Part of the reason I see democracy as a struggle over the distribution of good is that I think there is good-for-x and good-for-y, but I’m wary of something like an impartial or ‘common’ good above that. Utilitarians accept the aggregation of good across individuals, as if the greater good x gains somehow compensates y for a loss. Fundamental to Rawls, however, is the ‘separateness of persons’, thus he says, “Each person possesses an inviolability founded on justice that even the welfare of society as a whole cannot override… It does not allow that the sacrifices imposed on a few are outweighed by the larger sum of advantages enjoyed by many”[7]. Person y does not forfeit her claim just because w and x together stand to gain more, for that would be to ignore their separateness and “to adopt for society as a whole the principle of rational choice for one man”[8].
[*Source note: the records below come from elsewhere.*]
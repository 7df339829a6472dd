//! The first pass of the evaluation of a project: its imports and Choose elements are put in their
//! places, and its properties get their values in order. (How MSBuild builds projects, evaluation
//! phase.)
//!
//! What a laid-out project is stands in `specs/Laid.antt`, above what properties are, in
//! `specs/Propertied.antt`.
#![tactic(auto)]

mod laying;
mod layout;
mod part;
mod pass;
mod properties;
mod setting;
mod taking;
mod targets;
mod trees;

pub use pass::property_pass;
pub use trees::ElementTrees;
While majority-rule may indeed be fair if people’s political positions and coalitions aren’t fixed in advance – that is, if voters are effectively randomly assigned to options. In actual fact, however, this is rarely the case. To people with known and fixed identities, the problem of permanent minorities arises. The hypothetical fact they could have been in the majority, had they been someone else, is unlikely to appease them. What we need is a procedure that no one could reasonably reject, and I think lottery-voting offers this. Every vote is intuitively equal, and each group stands a proportional chance of having its way. Admittedly this still means some are more likely to be satisfied than others, but that is in accordance to the numbers they can win to support their side. Thus lottery-voting fosters democratic values such as deliberation and persuasion. Because every vote is equal, there will no longer be such thing as ‘safe seats’. Rather all votes matter, and any party can increase its chances of winning by persuading more voters. Thus there are incentives for minorities to try to reach 30% rather than 20%, say, and conversely no party can rest safe even with 70% support – it’d be better to win 80%.

Of course, it is a consequence that fewer people will sometimes have their claims satisfied rather than more, but I do not think this itself is an objection – it is simply respecting those people equally that means they get a proportional weight too. I have denied that this is in any sense ‘impersonally worse’ – it is worse for those who do not get their way, of course, but better for the minority concerned. Further it seems fair that over the long run of the political process, a consistent 30% of the voters could expect their way on about 30% of the legislation. Compromise thus comes over the whole, rather than each part.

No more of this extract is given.